Jiří Levý illustre d’une façon trčs astucieuse et bien compréhensible ce qui se produit dans le processus de décodage/ré-encodage en termes de potentiel expressif de chaque langage/culture.

Dans des parties précédentes de ce cours nous avons discuté de combien il est difficille de décider de la prééminence du langage sur la culture ou vice versa: afin de déterminer la position de chacun des deux éléments par rapport à l’autre. Certaines théories ont eu, particulièrement dans le passé, tendance à voir le langage comme un simple instrument expressif d’une culture qui a déjà été façonnée de façon autonome et qui a besoin du langage simplement pour se donner une "traduction" verbale.

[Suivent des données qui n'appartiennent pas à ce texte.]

//! A short text that contracts see as its bytes.
ghost use Rattle.std.specs.Prelude.{◌≡◌, IfOk, Some, None, if◌then◌else◌};
ghost use Rattle.std.specs.Option.{option_copied};
ghost use Rattle.std.specs.Str.{is_utf8};
ghost use Rattle.queue_types.specs.Text.{bytes_of};

use arrayvec::ArrayString;
use std::alloc::{AllocError, Global};
use std::marker::Model;
use std::str;

/// A text of at most this many bytes lies in the value itself, as most names do.
const MOST_INLINE: usize = 24;

/// Where the bytes of a text lie.
#[derive(Debug, Drop)]
enum Stored {
    Inline(ArrayString<MOST_INLINE>),
    Allocated(String),
}

/// A text of a few hundred bytes, as a name or a URI, in UTF-8. A short one takes no memory beside the value.
#[derive(Debug, Drop)]
pub struct Text {
    stored: Stored,
}

impl Model for Text {
    ghost use Rattle.std.specs.Prelude.{List, ℕ};
    ghost use Rattle.queue_types.specs.Text.{bytes_of};

    ghost Value = { List ℕ };

    ghost view = { λ t. bytes_of t.stored };
}

/// A copy of a text, in the value itself where it is short.
fn store(alloc: Global, text: &str) -> Result<Stored, AllocError>
    ensures { IfOk result (λ s. bytes_of s ≡ text.now) }
{
    match ArrayString::from(text) {
        Ok(short) => Ok(Stored::Inline(short)),
        Err(_) => Ok(Stored::Allocated(String::from_str(alloc, text)?)),
    }
}

impl Text {
    /// A copy of a text. The one error is want of memory.
    pub fn copy_of(alloc: Global, text: &str) -> Result<Self, AllocError>
        ensures { IfOk result (λ t. t ≡ text.now) }
    {
        let stored = store(alloc, text)?;
        Ok(Text { stored })
    }

    /// The text, to be looked at. It takes no memory.
    pub fn as_str(&self) -> &str
        ensures { result.now ≡ self.now }
    {
        match &self.stored {
            Stored::Inline(text) => text.as_str(),
            Stored::Allocated(text) => text.as_str(),
        }
    }

    /// A copy. The one error is want of memory.
    pub fn try_clone(&self) -> Result<Self, AllocError>
        ensures { IfOk result (λ t. t ≡ self.now) }
    {
        let stored = match &self.stored {
            Stored::Inline(text) => Stored::Inline(*text),
            Stored::Allocated(text) => Stored::Allocated(text.clone()?),
        };
        Ok(Text { stored })
    }
}

/// The bytes as text, where they are UTF-8.
pub fn utf8_text(bytes: &[u8]) -> Option<&str>
    ensures { option_copied result ≡ (if is_utf8 bytes.now then Some bytes.now else None) }
{
    str::from_utf8(bytes).ok()
}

Une école de pensée quelque peu en opposition attribue la prééminence absolue du langage sur la culture. Selon ce courant, même la pensée est linguistique, même les réflections intra-individuelles sont uniquement possibles que grâce au code naturel. Dans cette perspective, il n’existe pas de code mental, et la culture extrelinguale est une simple extension le la culture linguistique, générée par une structure linguistique. Un exemple bien connu de ce courant est celui de Schleiermacher:

Chaque être humain est, d’une part, sous l’emprise du langage qu’il utilise pour parler; lui-même et toutes ses pensées en sont un produit. Il ne peut, en toute certitude, penser à rien qui soit externe aux limites de son langage. La forme de ses concepts, la façon et les moyens pour les connecter sont décrits pour lui par le langage dans lequel il est né et éduqué; son intellect et son imagination y sont reliés2.

D’autres théoriciens, le premier d’entre eux, Whorf, soutiennent qu’il existe une influence mutuelle entre le langage et la culture. La présence de catégories linguistiques définies, et je partage ce point de vue, donne vie à certains modes de pensée, alors que, d’autre part, certaines vues culturelles produisent même à long terme, des formes linguistiques.

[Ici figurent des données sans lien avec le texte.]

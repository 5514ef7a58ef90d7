//! Status codes of replies under their names (RFC 8011, appendix B.1), and where the printer answers with them.

/// All that was asked is done (section B.1.2.1).
pub const SUCCESSFUL_OK: u16 = 0x0000;

/// What was asked is done, but for the attributes that the reply lists as unsupported (section B.1.2.2).
pub const SUCCESSFUL_OK_IGNORED_OR_SUBSTITUTED_ATTRIBUTES: u16 = 0x0001;

/// The request isn't of the form, or lacks an attribute that its operation needs (section B.1.4.1).
pub const CLIENT_ERROR_BAD_REQUEST: u16 = 0x0400;

/// What was asked can't be done now: the job's state or documents, the caller's free pages or the number of its jobs don't
/// allow it (section B.1.4.5).
pub const CLIENT_ERROR_NOT_POSSIBLE: u16 = 0x0404;

/// What was asked for isn't there: the URI isn't this printer's, or the caller has no such job (section B.1.4.7).
pub const CLIENT_ERROR_NOT_FOUND: u16 = 0x0406;

/// A value is longer than its syntax allows (section B.1.4.10).
pub const CLIENT_ERROR_REQUEST_VALUE_TOO_LONG: u16 = 0x0409;

/// The format of the document isn't one of those that are supported (section B.1.4.11).
pub const CLIENT_ERROR_DOCUMENT_FORMAT_NOT_SUPPORTED: u16 = 0x040A;

/// Attributes or values that may not be ignored aren't supported; the reply lists them (section B.1.4.12).
pub const CLIENT_ERROR_ATTRIBUTES_OR_VALUES_NOT_SUPPORTED: u16 = 0x040B;

/// The charset of the request isn't utf-8, the one that is supported (section B.1.4.14).
pub const CLIENT_ERROR_CHARSET_NOT_SUPPORTED: u16 = 0x040D;

/// The document is said to be compressed, which isn't supported (section B.1.4.16).
pub const CLIENT_ERROR_COMPRESSION_NOT_SUPPORTED: u16 = 0x040F;

/// The operation isn't supported (section B.1.5.2).
pub const SERVER_ERROR_OPERATION_NOT_SUPPORTED: u16 = 0x0501;

/// The major version of IPP isn't 1 or 2 (section B.1.5.4).
pub const SERVER_ERROR_VERSION_NOT_SUPPORTED: u16 = 0x0503;

/// The printer could not do its work, for want of memory or by a fault of its store (section B.1.5.6).
pub const SERVER_ERROR_TEMPORARY_ERROR: u16 = 0x0505;

/// The printer takes no new job: the job numbers are used up (section B.1.5.7).
pub const SERVER_ERROR_NOT_ACCEPTING_JOBS: u16 = 0x0506;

De quelque façon que vous préfériez le considérer, un point sur lequel tous les chercheurs sont d’accord c’est que l’expressivité stylistique de chaque langage est différente de celle des autres. Le prototexte a spontanément ses origines des potentialités expressives d’un auteur insérées dans un contexte linguistique et culturel, alors que le métatexte a ses origines artificiellement en tant que résultat des potentialités expressives de la protoculture adaptées à un contexte linguistique et culturel différent.

Pour cette raison, Levý maintient qu’un comparatif stylistique de chaque paire de langages et de cultures est indispensable aux traducteurs. Même lorsque l’on prend pour acquis que tout langage dans son ensemble peut exprimer plus ou moins la même quantité d’information que le suivant, le fait demeure que le même concept peut être exprimé directement dans un langage alors qu’il ne peut l’être qu’indirectement dans un autre. Un concept qui correspond à une unité lexicale, à un mot dans une culture, peut nécessiter une élucidation beaucoup plus longue, peut être une phrase ou plus dans une autre.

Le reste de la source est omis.